此時,黎家家境已大爲改觀,父親黎離塵已在南京國民黨政府任職。在家人眼中,學護理太髒、太累、太辛苦,說出去也不好聽。
“阿爹,選擇護理專業,不是我一時的衝動……我要讓像母親和弟弟一樣的病人,不再痛苦地死去……”
聽着女兒已經深思熟慮的話語,黎離塵才知道,幼年的不幸對女兒的人生產生了多大影響。無奈嘆息一聲後,父親同意了女兒的選擇。
考上心儀已久的學校後,從小就知道“提燈女神”——南丁格爾事蹟的黎模韞做了一件具有象徵意義的事:改名黎秀芳。她決心要做一名美麗得像花一樣的白衣天使,給人世間帶來秀美的芳香。
1940年1月,黎秀芳從南京國立中央高級護士學校畢業。學習成績突出的她,被留校任教。然而,此時的她,心中卻早已萌生了又一個大膽的選擇:到大西北去!
還在兩年前,無意中聽了共產黨人吳玉章的一次演講後,她就和同學在去西北建設大後方的志向書上籤下了名字。
兩年間,同學們一封封發自西北的來信,更是像磁石一樣吸引着黎秀芳年輕的心。
她把自己的想法告訴了校長,希望校長同意她去西北工作。
校長沒有同意。
黎秀芳便與有着同樣想法的同學張開秀、歐蓮卿一起商量,決定明裏不行,就暗裏採取行動。經過精心籌劃,她們分頭以請假、休假之名,帶上被褥和少量衣物,輾轉來到重慶,準備從那裏取道去往蘭州。
身在重慶、已是國民黨中將的黎離塵得知女兒的這個大膽想法後,堅決不同意,並很快爲女兒聯繫好了工作。倔強的黎秀芳沒有聽從父親的安排。經過軟磨硬纏,她搭上了一架飛往蘭州的軍用飛機……
在黎秀芳生前居室的牆上,掛着一張她初來蘭州時的照片。照片中的人物,明眸皓齒,身着藍底白花的斜襟布衫,一派江南女子風采。

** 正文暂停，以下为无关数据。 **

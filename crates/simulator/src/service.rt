//! The service that a script drives.
ghost use Rattle.std.specs.Prelude.{◌≡◌, ◌≤◌, ◌⊎◌, false, replicate, position, OnOk, IfOk, IfErr, IfSome, None, Some};
ghost use Rattle.runs.specs.Refusals.{step_refusal};
ghost use Rattle.runs.specs.Worlds as spec;
ghost use Rattle.runs.specs.declared.refused.Refused.{Refused};
ghost use Rattle.simulator.specs.Events.{operation_in};
ghost use Rattle.simulator.specs.Outcomes.{all_outcomes};
ghost use Rattle.simulator.specs.Told.{IsWritten};
ghost use Rattle.simulator.specs.Undelivered.{is_next};
ghost use Rattle.world.specs.Values.{crashed_after};

use crate::deliveries::{Mark, keep, place_of};
use crate::operations::{Operations, write_outcomes};
use crate::report::Report;
use crate::undelivered::Route;
use ballot::{Memory, NodeId};
use maildrop::{CommandId, Name};
use std::alloc::Global;
use std::marker::Model;
use world::{Config, Event, Refused, World};

/// A service with its Mails and Breaks, and how far the messages have arrived that were looked for, so that a search for one
/// of a route goes on from where the last one ended.
#[derive(Drop)]
pub(crate) struct Service {
    world: World,
    marks: Vec<Mark>,
    operations: Operations,
}

impl Model for Service {
    ghost use Rattle.std.specs.declared.alloc.Global.{Global};
    ghost use Rattle.world.specs.Values.{WorldValue};
    ghost use Rattle.simulator.specs.Following.{IsFollowed};
    ghost use Rattle.simulator.specs.Undelivered.{AreMarks};

    ghost Value = { WorldValue Global };

    ghost view = { λ s. s.world };

    ghost invariant = { λ s. AreMarks s.world.world.service.network.sent s.marks.items × IsFollowed s.world.world s.operations.ids.items s.operations.waiting };
}

/// The node and the user of a Mail or a Break.
fn operation_in(event: &Event) -> Option<(NodeId, Name)>
    ensures { result ≡ operation_in event.now }
{
    match event {
        Event::Mail { node, user, .. } | Event::Break { node, user } => Some((*node, *user)),
        _ => None,
    }
}

impl Service {
    /// The service that begins so.
    pub(crate) fn new(alloc: Global, config: Config) -> Result<Self, Memory>
        requires window { (1 ≤ config.window) × (config.window ≤ 1000) }
        ensures world { IfOk result (λ service. service.world ≡ spec.new_world config) }
        ensures crashed { IfOk result (λ service. service.crashed ≡ replicate config.cluster false) }
    {
        let nodes = usize::from(config.cluster.get());
        Ok(Service {
            world: World::new(alloc, config)?,
            marks: Vec::new(alloc),
            operations: Operations::new(alloc, nodes)?,
        })
    }

    /// The service itself.
    pub(crate) fn world(&self) -> &World
        ensures { result.now ≡ self.now }
    {
        &self.world
    }

    /// An event happens, if it can, as by `World::step`. After `Memory` it may have happened.
    pub(crate) fn step(&mut self, event: Event) -> Result<(), Refused>
        ensures possible { OnOk result (step_refusal self.old.world.config self.old.world.service event ≡ None) }
        ensures ok { OnOk result (self.new.world ≡ spec.stepped self.old.world event) }
        ensures crashed { OnOk result (self.new.crashed ≡ crashed_after event self.old.crashed) }
        ensures refused { IfErr result (λ error. (error ≡ Refused.Memory) ⊎ ((step_refusal self.old.world.config self.old.world.service event ≡ Some error) × (self.new ≡ self.old))) }
    {
        match operation_in(&event) {
            Some((node, user)) => self.submit(event, node, user),
            None => self.world.step(event),
        }
    }

    /// The event, which is a Mail or a Break for the user at the node, happens, if it can.
    fn submit(&mut self, event: Event, node: NodeId, user: Name) -> Result<(), Refused>
        requires { operation_in event ≡ Some (node, user) }
        ensures possible { OnOk result (step_refusal self.old.world.config self.old.world.service event ≡ None) }
        ensures ok { OnOk result (self.new.world ≡ spec.stepped self.old.world event) }
        ensures crashed { OnOk result (self.new.crashed ≡ crashed_after event self.old.crashed) }
        ensures refused { IfErr result (λ error. (error ≡ Refused.Memory) ⊎ ((step_refusal self.old.world.config self.old.world.service event ≡ Some error) × (self.new ≡ self.old))) }
    {
        if self.operations.ids.reserve(1).is_err() {
            return Err(Refused::Memory);
        }
        self.world.step(event)?;
        let Some(ticket) = self.world.last_ticket(node, user) else {
            unreachable!();
        };
        self.operations.add(CommandId::new(user, ticket));
        Ok(())
    }

    /// Writes the outcomes that are there and weren't written, in the order in which the service was given the Mails and
    /// Breaks.
    pub(crate) fn write_outcomes(&mut self, report: &mut Report) -> Result<(), Memory>
        ensures written { OnOk result (IsWritten (all_outcomes self.old.world) self.new.world report.old report.new) }
        ensures crashed { self.new.crashed ≡ self.old.crashed }
    {
        write_outcomes(&mut self.world, &mut self.operations, report)
    }

    /// The place of the first message of the route that never arrived.
    pub(crate) fn first_undelivered(&mut self, route: Route) -> Option<usize>
        ensures value { result ≡ position (is_next route) self.old.world.service.network.sent }
        ensures world { self.new ≡ self.old }
    {
        let from = place_of(&self.marks, &route);
        match route.first_undelivered(self.world.sent(), from) {
            Some(place) => {
                keep(&mut self.marks, route, place);
                Some(place)
            }
            None => {
                keep(&mut self.marks, route, self.world.sent().len());
                None
            }
        }
    }
}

而此時的蘭州,居民不足6萬人。大街上,厚厚的黃土,一腳踩下去能冒起一團黃煙。黎秀芳住的土坯房,房頂漏雨,牆皮脫落。報紙糊的頂棚上,大白天都能聽到老鼠的打鬧聲。磣牙的黑麪饃是她們的主食,放到嘴裏一嚼,“咯吱”作響……
然而,從走下飛機,踏上蘭州這片土地的那一刻起,黎秀芳就再也沒有離開過蘭州。
不是她沒有機會離開蘭州,也不是她沒有比蘭州條件更好的地方去。
到達蘭州不久,黎秀芳很快就被任命爲蘭州中央醫院護理部副主任。兩年後,她又兼任了蘭州中央醫院附屬高級護士學校教員。
1948年的中國,時局動盪。父親黎離塵接連給仍在蘭州的黎秀芳發來幾封家信,催促她趕快回家,好與家人一起飛到臺灣去。左等右盼,不見音信,慈愛的父親直接飛到了蘭州。
黎秀芳不想再傷父親的心。她請求父親給她3天時間考慮。
看着女兒那張執著的臉,父親同意了。
3天的時間,黎秀芳想了很多很多。她想起了19歲那年的選擇,想起了國民黨當局的腐朽無能,想起了剛剛走入正軌的護校,也想起了黃土地上老百姓的病痛和苦難……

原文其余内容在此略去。